Doppelte Spannung für vierfache Leistung
Durch die höhere Betriebsspannung wird es ebenso möglich, kompaktere und leichtere Systeme bei gleicher Leistung herzustellen. Denn um das gewünschte Leistungslevel zu erreichen, ist entsprechend weniger Chipfläche nötig. So weise „der Transistor eine vierfach höhere Ausgangsimpedanz für eine gegebene Leistung auf“, führt Krause aus.

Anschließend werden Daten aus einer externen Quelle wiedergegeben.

//! The column of all that a line discipline has posted, and output processing at that column.

ghost use Rattle.std.specs.Prelude.{◌≡◌, ◌↔◌, IsTrue, ℕ, ◌≤◌, ◌<◌, ◌+◌, ◌-◌, ◌%◌, ◌^◌, [], ◌++◌, length, List};
ghost use Rattle.opost_out.specs.Column.{PostedByte, column_after, column_of};
ghost use Rattle.opost_out.specs.Column.{column_after_byte, posted_text, posted_text_under};
ghost use Rattle.opost_out.specs.Posted.{posted_bytes};

use crate::pieces::{CR, NL, PostedBytes, TAB};
use std::marker::Model;
use tty_modes::Modes;
use tty_modes::places::{IUTF8, OPOST};

const BS: u8 = 8;

/// Where the cursor stands after all that was posted.
///
/// It is copied to post several bytes ahead.
#[derive(Clone, Copy, PartialEq, Eq, Debug)]
pub struct Out {
    column: u64,
}

impl Model for Out {
    ghost use Rattle.std.specs.Prelude.{ℕ};

    ghost Value = { ℕ };

    ghost view = { λ out. out.column };

    ghost inverse = { λ column. record { column = column } };
}

impl Out {
    /// Nothing is posted yet, and the column is 0.
    pub fn new() -> Out
        ensures { result ≡ column_of [] }
    {
        Out { column: 0 }
    }

    /// The column.
    pub fn column(&self) -> u64
        ensures { result ≡ self.now }
    {
        self.column
    }

    /// Posts one byte: gives the bytes that are posted for it, and moves the column by them.
    pub fn post(&mut self, b: u8, modes: &Modes) -> PostedBytes
        requires { self.old < 2 ^ 63 }
        ensures piece { result ≡ posted_bytes modes.now self.old b }
        ensures column { self.new ≡ column_after self.old (posted_text_under modes.now result) }
        ensures text { (text : List PostedByte)
            → self.old ≡ column_of text
            → self.new ≡ column_of (text ++ posted_text_under modes.now result) }
    {
        if is_plain(b) {
            self.column += 1;
            return PostedBytes::of_byte(b);
        }
        let piece = self.would(b, modes);
        self.column = column_after(self.column, piece.as_slice(), modes.has(IUTF8));
        piece
    }

    /// Moves the column over so many bytes that take one column each.
    pub fn pass(&mut self, count: usize)
        requires { self.old + count < 2 ^ 64 }
        ensures { self.new ≡ self.old + count }
    {
        self.column += count as u64;
    }

    /// Keeps the column within 32 bits, for a user who posts for ever.
    pub fn wrap(&mut self)
        ensures { self.new ≡ self.old % 2 ^ 32 }
    {
        self.column %= 1 << 32;
    }

    /// The bytes that `post` would give. Nothing changes.
    pub fn would(&self, b: u8, modes: &Modes) -> PostedBytes
        ensures { result ≡ posted_bytes modes.now self.now b }
    {
        if !modes.has(OPOST) {
            return PostedBytes::of_byte(b);
        }
        match b {
            NL => PostedBytes::of_newline(modes),
            CR => PostedBytes::of_return(modes, self.column),
            TAB => PostedBytes::of_tab(modes, self.column),
            _ => PostedBytes::of_byte(b),
        }
    }
}

/// The column of a text that goes on is the column after its front, moved by the rest.
pub fn column_of_more()
    ensures { (front rest : List PostedByte) → column_of (front ++ rest) ≡ column_after (column_of front) rest }
{}

/// A byte that is posted as itself under all modes, and takes one column.
fn is_plain(b: u8) -> bool
    ensures { IsTrue result ↔ ((32 ≤ b) × (b ≤ 126)) }
{
    b' ' <= b && b <= b'~'
}

fn column_after(start: u64, bytes: &[u8], utf8: bool) -> u64
    requires room { start < 2 ^ 63 }
    requires short { length bytes.now ≤ 8 }
    ensures { result ≡ column_after start (posted_text utf8 bytes.now) }
{
    let mut column = start;
    for byte in bytes {
        column = column_after_byte(column, *byte, utf8);
    }
    column
}

fn column_after_byte(column: u64, byte: u8, utf8: bool) -> u64
    requires { column < 2 ^ 63 + 64 }
    ensures value { result ≡ column_after_byte column (record { byte = byte; utf8 = utf8 }) }
    ensures bound { result ≤ column + 8 }
{
    match byte {
        0x80..=0xbf if utf8 => column,
        CR => 0,
        TAB => 8 * (column / 8 + 1),
        BS => column.saturating_sub(1),
        0..=31 | 127 => column,
        _ => column + 1,
    }
}
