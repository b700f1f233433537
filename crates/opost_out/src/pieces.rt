//! What is posted for one byte.

ghost use Rattle.std.specs.Prelude.{◌≡◌, ◌≤◌, ◌-◌, ◌%◌, [], ◌∷◌, length, replicate, ◌==◌};
ghost use Rattle.opost_out.specs.Posted.{newline_bytes, return_bytes, tab_bytes};

use arrayvec::ArrayVec;
use std::marker::Model;
use tty_modes::Modes;
use tty_modes::places::{OCRNL, ONLCR, ONOCR, TAB3};

pub(crate) const NL: u8 = 10;

pub(crate) const CR: u8 = 13;

pub(crate) const TAB: u8 = 9;

/// The bytes that are posted for one byte: at most 8.
#[derive(Debug, Drop)]
pub struct PostedBytes {
    bytes: ArrayVec<u8, 8>,
}

impl Model for PostedBytes {
    ghost use Rattle.std.specs.Prelude.{List, ℕ};

    ghost Value = { List ℕ };

    ghost view = { λ p. p.bytes.items };
}

impl PostedBytes {
    /// The bytes, in order.
    pub fn as_slice(&self) -> &[u8]
        ensures bytes { result.now ≡ self.now }
        ensures short { length self.now ≤ 8 }
    {
        self.bytes.as_slice()
    }

    /// How many bytes there are.
    pub fn len(&self) -> usize
        ensures count { result ≡ length self.now }
        ensures short { result ≤ 8 }
    {
        self.bytes.len()
    }

    /// Whether there are none.
    pub fn is_empty(&self) -> bool
        ensures { result ≡ (length self.now == 0) }
    {
        self.bytes.is_empty()
    }

    pub(crate) fn of_byte(byte: u8) -> PostedBytes
        ensures { result ≡ byte ∷ [] }
    {
        let mut bytes = ArrayVec::new();
        bytes.push(byte);
        PostedBytes { bytes }
    }

    /// What is posted for NL.
    pub(crate) fn of_newline(modes: &Modes) -> PostedBytes
        ensures { result ≡ newline_bytes modes.now }
    {
        let mut bytes = ArrayVec::new();
        if modes.has(ONLCR) {
            bytes.push(CR);
        }
        bytes.push(NL);
        PostedBytes { bytes }
    }

    /// What is posted for CR at a column.
    pub(crate) fn of_return(modes: &Modes, column: u64) -> PostedBytes
        ensures { result ≡ return_bytes modes.now column }
    {
        let mut bytes = ArrayVec::new();
        if !(modes.has(ONOCR) && column == 0) {
            bytes.push(if modes.has(OCRNL) { NL } else { CR });
        }
        PostedBytes { bytes }
    }

    /// What is posted for TAB at a column.
    pub(crate) fn of_tab(modes: &Modes, column: u64) -> PostedBytes
        ensures { result ≡ tab_bytes modes.now column }
    {
        if modes.has(TAB3) {
            PostedBytes::of_blanks(8 - column % 8)
        } else {
            PostedBytes::of_byte(TAB)
        }
    }

    fn of_blanks(count: u64) -> PostedBytes
        requires { count ≤ 8 }
        ensures { result ≡ replicate count 32 }
    {
        let mut bytes = ArrayVec::new();
        for _ in 0..count {
            bytes.push(b' ');
        }
        PostedBytes { bytes }
    }
}
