//! Output processing of a terminal after termios(3): what is posted for a byte, and the column of all that was posted.
#![tactic(auto)]

mod cursor;
mod pieces;

pub use cursor::{Out, column_of_more};
pub use pieces::PostedBytes;
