//! That what a lock server does is permitted: its clients see histories that the standards allow.
#![tactic(auto)]

ghost use Rattle.history_of_server.specs.ServerLines.{RunsAreLegal};

/// A law, and nothing to run: what the clients see of a lock server that begins without locks, one call after another, is a legal history
/// ([`history_judge`], [`history_core`]: the freedom of POSIX.1-2017 fcntl and close, fcntl_locking(2) and flock(2), and nothing of this project's
/// policies), whatever it was told, under either policy and by either conversion; also where each get has to tell a largest range.
///
/// Each call is what its clients asked for: `set` a set or an unlock, `flush` and `forget` an unlock of all bytes, `flock_release` an
/// unlock by flock, `release` an unlock of all bytes of each owner that it takes byte locks from and an unlock by flock of its flock owner,
/// `forget_owners` and `forget_file` the death of each owner on each file, a `cancel` that is true EINTR, and a ticket that `next_grant` tells
/// the answer of the wait that was granted before. A wait that `forget`, `forget_owners` or `forget_file` ends is never answered.
///
/// A server that was imported begins with locks, and is left out. A call that wants memory changes nothing, and counts as not made.
pub fn runs_are_legal()
    ensures { RunsAreLegal }
{}
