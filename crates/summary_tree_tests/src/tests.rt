//! Trees of numbers that grow and shrink at their ends, and what a refused growth leaves. That items come and go in the midst the
//! tests of `interval_index` try beside a list.
ghost use Rattle.std.specs.Prelude.{true, false};
ghost use Rattle.std.specs.Bool.{nat_le};

use range_core::Memory;
use std::fmt::Debug;
use std::process::Abort;
use std::test::Fail;
use summary_tree::{Cut, Query, Summary, Tree, Walk};

/// How many numbers there are, and their sum.
#[derive(Clone, Copy, Debug, PartialEq, Eq)]
struct Total {
    count: u64,
    sum: u64,
}

impl Summary<u64> for Total {
    ghost tells = { λ _ _. Unit {0} };

    fn none() -> Total {
        Total { count: 0, sum: 0 }
    }

    fn add(&mut self, number: &u64) {
        self.count = self.count.wrapping_add(1);
        self.sum = self.sum.wrapping_add(*number);
    }

    fn leave(&mut self, number: &u64) -> bool {
        self.count = self.count.wrapping_sub(1);
        self.sum = self.sum.wrapping_sub(*number);
        // (now and then all is told anew)
        *number % 3 != 0
    }

    fn append(&mut self, more: &Total) {
        self.count = self.count.wrapping_add(more.count);
        self.sum = self.sum.wrapping_add(more.sum);
    }
}

/// Numbers from this one on.
#[derive(Clone, Copy)]
struct From(u64);

impl Query<u64, Total> for From {
    ghost hits = { λ query number. nat_le query.0 number };

    fn hits(&self, number: &u64) -> bool {
        self.0 <= *number
    }

    fn may_hit(&self, _total: &Total) -> bool {
        true
    }
}

/// The place before all numbers.
#[derive(Clone, Copy)]
struct Front;

impl Cut<u64> for Front {
    ghost is_behind = { λ _ _. true };

    fn is_behind(&self, _number: &u64) -> bool {
        true
    }
}

/// The place behind them.
#[derive(Clone, Copy)]
struct Back;

impl Cut<u64> for Back {
    ghost is_behind = { λ _ _. false };

    fn is_behind(&self, _number: &u64) -> bool {
        false
    }
}

/// What was gathered, and in how many steps.
#[derive(Drop)]
struct Gathered {
    total: Total,
    steps: u64,
}

/// It takes the summaries of so many numbers at most, so that it goes down too.
struct Gathering {
    most: u64,
}

impl Walk<u64, Total, Gathered> for Gathering {
    ghost gathers = { λ _ _ _. Unit {0} };

    fn see(&self, found: &mut Gathered, number: &u64) {
        found.total.add(number);
        found.steps = found.steps.wrapping_add(1);
    }

    fn see_all(&self, found: &mut Gathered, total: &Total) -> bool {
        found.steps = found.steps.wrapping_add(1);
        if total.count > self.most {
            return false;
        }
        found.total.append(total);
        true
    }
}

/// What a walk gathers, and whether it took fewer than so many steps.
fn gather(tree: &Tree<u64, Total>, steps: u64) -> (Total, bool) {
    let mut gathered = Gathered {
        total: Total::none(),
        steps: 0,
    };
    tree.walk(&Gathering { most: 1000 }, &mut gathered);
    (gathered.total, gathered.steps < steps)
}

/// The two are the same.
fn same<T: PartialEq + Debug + Drop>(rt: &impl Abort, left: T, right: T) {
    assert_eq!(rt; left, right);
}

/// The sum of the numbers below one.
fn sum_below(count: u64) -> u64 {
    count.wrapping_mul(count.wrapping_sub(1)) / 2
}

/// Puts a number behind all others.
#[tactic(auto, using(crate::proofs::Ends::cut_nowhere))]
fn push_back(rt: &impl Abort, tree: &mut Tree<u64, Total>, number: u64) {
    assert!(rt; tree.room() > 0);
    tree.put(&Back, number);
}

/// Puts a number before all others.
#[tactic(auto, using(crate::proofs::Ends::cut_everywhere))]
fn push_front(rt: &impl Abort, tree: &mut Tree<u64, Total>, number: u64) {
    assert!(rt; tree.room() > 0);
    tree.put(&Front, number);
}

/// Takes out the first number.
#[tactic(auto, using(crate::proofs::Ends::cut_everywhere))]
fn pop_front(tree: &mut Tree<u64, Total>) -> Option<u64> {
    tree.take(&Front)
}

/// The numbers below this one are taken out from the front, and then none is left.
fn pop_all(rt: &impl Abort, tree: &mut Tree<u64, Total>, count: u64) {
    for number in 0..count {
        same(rt, pop_front(tree), Some(number));
        same(rt, tree.len(), count.wrapping_sub(number).wrapping_sub(1));
    }
    same(rt, pop_front(tree), None);
    same(rt, (tree.len(), tree.depth()), (0, 0));
}

/// Numbers are put behind one another, with room for one at a time.
fn rise(rt: &impl Abort, tree: &mut Tree<u64, Total>) -> Result<(), Memory> {
    for number in 0..20000u64 {
        tree.reserve(1)?;
        same(rt, tree.room(), 1);
        push_back(rt, tree, number);
        same(rt, tree.room(), 0);
    }
    Ok(())
}

/// What stands before all numbers and behind them.
#[tactic(auto, using(crate::proofs::Ends::cut_everywhere, crate::proofs::Ends::cut_nowhere))]
fn has_ends(rt: &impl Abort, tree: &Tree<u64, Total>, first: Option<u64>, last: Option<u64>) {
    let front = tree.beside(&Front);
    same(rt, (front.before, front.behind), (None, first));
    let back = tree.beside(&Back);
    same(rt, (back.before, back.behind), (last, None));
}

/// What the tree then tells.
fn tells_of_all(rt: &impl Abort, tree: &Tree<u64, Total>) {
    same(rt, tree.len(), 20000);
    // In 417 nodes, since a full block leaves 48 behind: the logarithm of 418 to the base 4/3 is 20.98.
    assert!(rt; tree.depth() <= 20);
    same(rt, tree.first_where(&From(17777)), Some(17777));
    same(rt, tree.first_where(&From(20000)), None);
    has_ends(rt, tree, Some(0), Some(19999));
    let total = Total {
        count: 20000,
        sum: sum_below(20000),
    };
    same(rt, gather(tree, 400), (total, true));
}

#[test]
fn rising_numbers(rt: HostRuntime) -> Result<(), Fail> {
    let tree: &mut Tree<u64, Total> = &mut Tree::new(rt.alloc());
    rise(&rt, tree)?;
    tells_of_all(&rt, tree);
    pop_all(&rt, tree, 20000);
    Ok(())
}

/// Numbers are put before one another, from the one below this on down to 0.
fn fall(rt: &impl Abort, tree: &mut Tree<u64, Total>, count: u64) {
    for number in 0..count {
        push_front(rt, tree, count.wrapping_sub(1).wrapping_sub(number));
    }
    same(rt, tree.room(), 0);
}

/// The tree has the first number from each on.
fn finds_each(rt: &impl Abort, tree: &Tree<u64, Total>) {
    for number in 0..3000u64 {
        same(rt, tree.first_where(&From(number)), Some(number));
    }
}

#[test]
fn falling_numbers_in_room_that_is_held(rt: HostRuntime) -> Result<(), Fail> {
    let tree: &mut Tree<u64, Total> = &mut Tree::new(rt.alloc());
    tree.reserve(3000)?;
    fall(&rt, tree, 3000);
    // In 63 nodes: the logarithm of 64 to the base 4/3 is 14.5.
    assert!(rt; tree.depth() <= 14);
    finds_each(&rt, tree);
    pop_all(&rt, tree, 3000);
    Ok(())
}

/// The node of the only number is kept for the next.
fn come_and_go(rt: &impl Abort, tree: &mut Tree<u64, Total>) {
    for number in 0..1000u64 {
        push_back(rt, tree, number);
        same(rt, pop_front(tree), Some(number));
        same(rt, tree.depth(), 0);
    }
}

/// And the room that is left serves more than one at a time.
#[test]
fn a_number_that_comes_and_goes(rt: HostRuntime) -> Result<(), Fail> {
    let tree: &mut Tree<u64, Total> = &mut Tree::new(rt.alloc());
    tree.reserve(2000)?;
    come_and_go(&rt, tree);
    fall(&rt, tree, 1000);
    same(&rt, tree.len(), 1000);
    Ok(())
}

/// With `--fail-alloc N` one of these growths is refused, and then the tree is as it was.
fn grow(rt: &impl Abort, tree: &mut Tree<u64, Total>) -> Result<(), Memory> {
    for number in 0..70u64 {
        let room = tree.room();
        if tree.reserve(2).is_err() {
            same(rt, (tree.room(), tree.len()), (room, number));
            tree.reserve(2)?;
        }
        push_back(rt, tree, number);
    }
    Ok(())
}

#[test]
fn a_refused_growth_leaves_the_tree_as_it_was(rt: HostRuntime) -> Result<(), Fail> {
    let tree: &mut Tree<u64, Total> = &mut Tree::new(rt.alloc());
    has_ends(&rt, tree, None, None);
    grow(&rt, tree)?;
    same(&rt, tree.len(), 70);
    has_ends(&rt, tree, Some(0), Some(69));
    Ok(())
}
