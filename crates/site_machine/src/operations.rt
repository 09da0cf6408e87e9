//! Which operations are the same.
ghost use Rattle.std.specs.Prelude.{◌≡◌, ◌↔◌, IsTrue};
ghost use Rattle.site_join.specs.States.{session_of, facts_in};

use af_records::{AfFact, ComponentValue, FlowValue};
use gx_records::{GxFact, SessionValue};
use pcrf_values::{Ranked, same};
use site_join::{Operation, SessionFacts};

/// Both lists have the same operations in the same order.
pub(crate) fn same_operations(ours: &[Operation], theirs: &[Operation]) -> bool
    ensures { IsTrue result ↔ (ours.now ≡ theirs.now) }
{
    let mut rest = theirs;
    for operation in ours {
        let Some((first, others)) = rest.split_first() else {
            return false;
        };
        if !same_operation(operation, first) {
            return false;
        }
        rest = others;
    }
    rest.is_empty()
}

/// Both are the same operation.
fn same_operation(ours: &Operation, theirs: &Operation) -> bool
    ensures { IsTrue result ↔ (ours.now ≡ theirs.now) }
{
    ours.counter() == theirs.counter()
        && ours.site() == theirs.site()
        && ours.number() == theirs.number()
        && same_session_facts(ours.facts(), theirs.facts())
}

/// Both are the same facts on the same session.
#[tactic(auto, using(crate::proofs::SameFacts::same_gx_facts, crate::proofs::SameFacts::same_af_facts))]
fn same_session_facts(ours: &SessionFacts, theirs: &SessionFacts) -> bool
    ensures { IsTrue result ↔ ((session_of ours.now ≡ session_of theirs.now)
        × (facts_in ours.now ≡ facts_in theirs.now)) }
{
    match (ours, theirs) {
        (SessionFacts::Gx(id, facts), SessionFacts::Gx(other_id, others)) => {
            same(id, other_id) && same_gx(facts.as_slice(), others.as_slice())
        }
        (SessionFacts::Af(id, facts), SessionFacts::Af(other_id, others)) => {
            same(id, other_id) && same_af(facts.as_slice(), others.as_slice())
        }
        _ => false,
    }
}

/// Both lists have the same facts in the same order.
fn same_gx(ours: &[GxFact], theirs: &[GxFact]) -> bool
    ensures { IsTrue result ↔ (ours.now ≡ theirs.now) }
{
    let mut rest = theirs;
    for fact in ours {
        let Some((first, others)) = rest.split_first() else {
            return false;
        };
        if !same_gx_fact(fact, first) {
            return false;
        }
        rest = others;
    }
    rest.is_empty()
}

/// Both lists have the same facts in the same order.
fn same_af(ours: &[AfFact], theirs: &[AfFact]) -> bool
    ensures { IsTrue result ↔ (ours.now ≡ theirs.now) }
{
    let mut rest = theirs;
    for fact in ours {
        let Some((first, others)) = rest.split_first() else {
            return false;
        };
        if !same_af_fact(fact, first) {
            return false;
        }
        rest = others;
    }
    rest.is_empty()
}

/// Both are the same fact.
fn same_gx_fact(ours: &GxFact, theirs: &GxFact) -> bool
    ensures { IsTrue result ↔ (ours.now ≡ theirs.now) }
{
    match (ours, theirs) {
        (GxFact::End, GxFact::End) => true,
        (GxFact::Field(tag, value), GxFact::Field(other_tag, other)) => {
            same(tag, other_tag) && same_value(value, other)
        }
        (GxFact::Told(tag, name, rule), GxFact::Told(other_tag, other_name, other)) => {
            same(tag, other_tag) && same(name, other_name) && same(rule, other)
        }
        _ => false,
    }
}

/// Both are the same fact.
fn same_af_fact(ours: &AfFact, theirs: &AfFact) -> bool
    ensures { IsTrue result ↔ (ours.now ≡ theirs.now) }
{
    match (ours, theirs) {
        (AfFact::End, AfFact::End) => true,
        (AfFact::Aborted, AfFact::Aborted) => true,
        (AfFact::ComponentRemoved(component), AfFact::ComponentRemoved(other)) => {
            *component == *other
        }
        (AfFact::FlowRemoved(component, flow), AfFact::FlowRemoved(other, other_flow)) => {
            *component == *other && *flow == *other_flow
        }
        (AfFact::Session(tag, value), AfFact::Session(other_tag, other)) => {
            same(tag, other_tag) && same_value(value, other)
        }
        (AfFact::Component(at, tag, value), AfFact::Component(other_at, other_tag, other)) => {
            *at == *other_at && same(tag, other_tag) && same_component(value, other)
        }
        (AfFact::Flow(at, flow, tag, value), AfFact::Flow(other_at, beside, other_tag, other)) => {
            *at == *other_at && *flow == *beside && same(tag, other_tag) && same_flow(value, other)
        }
        _ => false,
    }
}

/// Both are the same value of the same field of a session.
fn same_value<L: Ranked>(ours: &SessionValue<L>, theirs: &SessionValue<L>) -> bool
    ensures { IsTrue result ↔ (ours.now ≡ theirs.now) }
{
    match (ours, theirs) {
        (SessionValue::Address(ours), SessionValue::Address(theirs)) => same(ours, theirs),
        (SessionValue::Apn(ours), SessionValue::Apn(theirs)) => same(ours, theirs),
        (SessionValue::Subscribers(ours), SessionValue::Subscribers(theirs)) => same(ours, theirs),
        (SessionValue::Host(ours), SessionValue::Host(theirs)) => same(ours, theirs),
        (SessionValue::Realm(ours), SessionValue::Realm(theirs)) => same(ours, theirs),
        (SessionValue::Last(ours), SessionValue::Last(theirs)) => same(ours, theirs),
        (SessionValue::Prefix(ours), SessionValue::Prefix(theirs)) => same(ours, theirs),
        _ => false,
    }
}

/// Both are the same value of the same field of a component.
fn same_component(ours: &ComponentValue, theirs: &ComponentValue) -> bool
    ensures { IsTrue result ↔ (ours.now ≡ theirs.now) }
{
    match (ours, theirs) {
        (ComponentValue::MediaType(ours), ComponentValue::MediaType(theirs)) => *ours == *theirs,
        (ComponentValue::Status(ours), ComponentValue::Status(theirs)) => same(ours, theirs),
        (ComponentValue::RateUp(ours), ComponentValue::RateUp(theirs)) => *ours == *theirs,
        (ComponentValue::RateDown(ours), ComponentValue::RateDown(theirs)) => *ours == *theirs,
        _ => false,
    }
}

/// Both are the same value of the same field of a flow.
fn same_flow(ours: &FlowValue, theirs: &FlowValue) -> bool
    ensures { IsTrue result ↔ (ours.now ≡ theirs.now) }
{
    match (ours, theirs) {
        (FlowValue::Descriptions(ours), FlowValue::Descriptions(theirs)) => same(ours, theirs),
        (FlowValue::Usage(ours), FlowValue::Usage(theirs)) => same(ours, theirs),
        (FlowValue::Status(ours), FlowValue::Status(theirs)) => same(ours, theirs),
        (FlowValue::RateUp(ours), FlowValue::RateUp(theirs)) => *ours == *theirs,
        (FlowValue::RateDown(ours), FlowValue::RateDown(theirs)) => *ours == *theirs,
        _ => false,
    }
}
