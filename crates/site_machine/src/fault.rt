//! Why an event of a site gave nothing.
use thiserror::Error;

/// Why an event gave nothing, and changed nothing.
#[derive(Clone, Copy, Debug, PartialEq, Eq, Error)]
pub enum StepFault {
    /// The history that is kept of the site is at its limit. A site alone, which keeps none, never answers so.
    #[error("the history is full")]
    HistoryFull,
    /// Something is to be pushed or aborted, and the clock is at its end.
    #[error("the clock is at its end")]
    ClockFull,
    #[error("no memory")]
    NoMemory,
}
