//! The facts that a site makes: of a credit control request what it sets or that its session ends, of an AA request what it
//! describes, of a session termination request that its session has ended, what a gateway is told by an answer or a push, and
//! that it may have lost it (TS 29.212, 4.5.1, 4.5.2 and 4.5.7; TS 29.214, 4.4.1, 4.4.2 and 4.4.4).

mod call;
mod component;
mod flow;
mod forms;
mod gateway;
mod session;

pub use call::{call_of, end_facts, ended_call};
pub use forms::{note_aar, note_ccr, note_str};
pub use gateway::{ended_gateway, facts_made, note_entries, put_told, put_told_away};
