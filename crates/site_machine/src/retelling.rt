//! Gateways that may have lost what they were told.
ghost use Rattle.std.specs.Prelude.{◌≡◌, ◌≢◌, ◌<◌, Some, false, true, [], length, if◌then◌else◌, IfOk, OnOk, OnErr, IfErr};
ghost use Rattle.pcrf_model.specs.Differences.{told_rules_of};
ghost use Rattle.pcrf_model.specs.Forms.{is_operation};
ghost use Rattle.pcrf_model.specs.Live.{is_live};
ghost use Rattle.pcrf_model.specs.Replies.{Retold};
ghost use Rattle.pcrf_model.specs.Retelling.{all_removed, lacks_counter_to_retell};
ghost use Rattle.pcrf_model.specs.Sessions.{gx};
ghost use Rattle.pcrf_model.specs.Views.{view};

use crate::facts::put_told_away;
use crate::fault::StepFault;
use crate::refusals::is_live;
use crate::site::Site;
use gx_records::Told;
use pcrf_values::{GxSid, Ranked};
use rule_delta::told_rules_of;
use site_join::{Operation, SessionFacts};
use std::alloc::AllocError;

impl Site {
    ghost use Rattle.site_machine.specs.Facts.{operation_pushed};
    ghost use Rattle.site_machine.specs.Sites.{retell_outcome_at, with_made};

    /// Counts what the gateway of a live session was told as not there, since it may have lost it: the next answer or push
    /// brings all rules of the session (TS 29.212, 4.5.2). It is one operation of the site's own, whichever site is the
    /// session's home, by which each name is told as none. `false` where the session isn't live or its gateway was told nothing,
    /// which changes nothing. An error changes nothing. Its time grows with what the gateway was told, and is else that of
    /// taking an operation.
    pub fn retell(&mut self, session: &GxSid) -> Result<bool, StepFault>
        ensures retold { IfOk result (λ done.
            Retold done ≡ (retell_outcome_at self.old session.now).reply) }
        ensures ok { OnOk result (self.new
            ≡ with_made self.old (retell_outcome_at self.old session.now).added) }
        ensures room { OnOk result
            (lacks_counter_to_retell self.old.state.holding session.now ≡ false) }
        ensures full { IfErr result (λ fault. fault ≡ StepFault.ClockFull
            → lacks_counter_to_retell self.old.state.holding session.now ≡ true) }
        ensures memory { IfErr result (λ fault. fault ≢ StepFault.HistoryFull) }
        ensures err { OnErr result (self.new ≡ self.old) }
    {
        let Ok(told) = self.told_if_live(session) else {
            return Err(StepFault::NoMemory);
        };
        if told.as_slice().is_empty() {
            return Ok(false);
        }
        let Some(counter) = self.next_counter() else {
            return Err(StepFault::ClockFull);
        };
        self.note_form();
        self.note_number();
        if self.tell_away(session, &told, counter).is_err() {
            return Err(StepFault::NoMemory);
        }
        Ok(true)
    }

    /// What the gateway of a session was told; nothing where the session isn't live.
    fn told_if_live(&self, session: &GxSid) -> Result<Told, AllocError>
        ensures { IfOk result (λ told. told
            ≡ (if is_live (view self.now.state.holding.facts) (gx session.now)
            then told_rules_of (view self.now.state.holding.facts) (gx session.now) else [])) }
    {
        if is_live(self.held.gx(session)) {
            return told_rules_of(self.alloc, self.held.state(), session);
        }
        Ok(Told::of(Vec::new(self.alloc)))
    }

    /// Adds the operation by which what was told counts as not there, or changes nothing.
    fn tell_away(&mut self, session: &GxSid, told: &Told, counter: u64) -> Result<(), AllocError>
        requires later { length self.old.state.log < counter }
        requires formed { is_operation (operation_pushed
            self.old.number counter session.now (all_removed told.now)) ≡ true }
        ensures ok { OnOk result (self.new ≡ with_made self.old
            (Some (operation_pushed self.old.number counter session.now (all_removed told.now)))) }
        ensures err { OnErr result (self.new ≡ self.old) }
    {
        let mut facts = Vec::new(self.alloc);
        put_told_away(
            self.alloc,
            &mut facts,
            self.tag(0, counter),
            told.as_slice(),
        )?;
        let facts = SessionFacts::Gx(session.try_copy()?, facts);
        let operation = Operation::with_stamp(counter, self.number, 0, facts);
        self.add_pushed(operation, session)
    }
}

Kleinere und damit weniger verlustbehaftete Anpassnetzwerke lassen sich in der Folge realisieren – was wiederum eine höhere Energieeffizienz des Gesamtsystems bewirkt.
Einsatz in industriellen Höchstleistungsanlagen
„Das langfristige Ziel unserer Entwicklung ist ein Betrieb bei bis zu 10 GHz“, berichtet Krause. Damit wäre das Fraunhofer IAF die erste Quelle solcher 100‑V‑Bauelemente auf GaN-Basis.
Interessant sind die Transistoren vor allem für Höchstleistungsanwendungen wie Teilchenbeschleuniger, industrielle Mikrowellenheizungen, Mobilfunkverstärker, Puls- und Dauerstrichradar sowie Verstärker für Plasmageneratoren. In der Regel benötigen solche Anlagen sehr viel Leistung bei gleichzeitig geringem Volumenbedarf der Komponenten – genau das, was die 100‑V‑Technologie ermöglichen soll.
Teilchenbeschleuniger spielen in der Forschung, Medizintechnik und der Industrie eine wichtige Rolle. Plasmageneratoren im Hochfrequenzbereich werden beispielsweise in industriellen Prozessen zur Beschichtung eingesetzt, um unter anderem halbleiterbasierte Chips, Datenspeichermedien oder Solarzellen herzustellen.
Leistungshalbleiter lösen Vakuumbauelemente ab
Ein weiterer großer Anwendungsbereich in der Industrie sind Leistungsgeneratoren für Mikrowellenheizungen. „Im Bereich der Plasmaerzeugung arbeitet die Industrie meistens mit höheren Frequenzen, allerdings nutzen viele Anwender nach wie vor Vakuumbauelemente wie etwa Magnetrone oder Klystrone“, sagt Krause. „Hier arbeiten wir daran, eine Alternative auf Halbleiterbasis bereitzustellen, da Halbleiter deutlich kompakter und leichter sind und sich damit beispielsweise Anordnungen wie Phased Arrays realisieren lassen.“
Lange Zeit haben röhrenbasierte Bauelemente, zum Beispiel Wanderfeldröhren, Elektroniksysteme mit hohem Leistungsbedarf dominiert. Inzwischen geht die Entwicklung jedoch in Richtung von Leistungshalbleitern. In der 100‑V‑Technologie auf GaN-Basis sehen die Wissenschaftler des Fraunhofer IAF eine effiziente Alternative für die Leistungssteigerung von Mikrowellengeneratoren.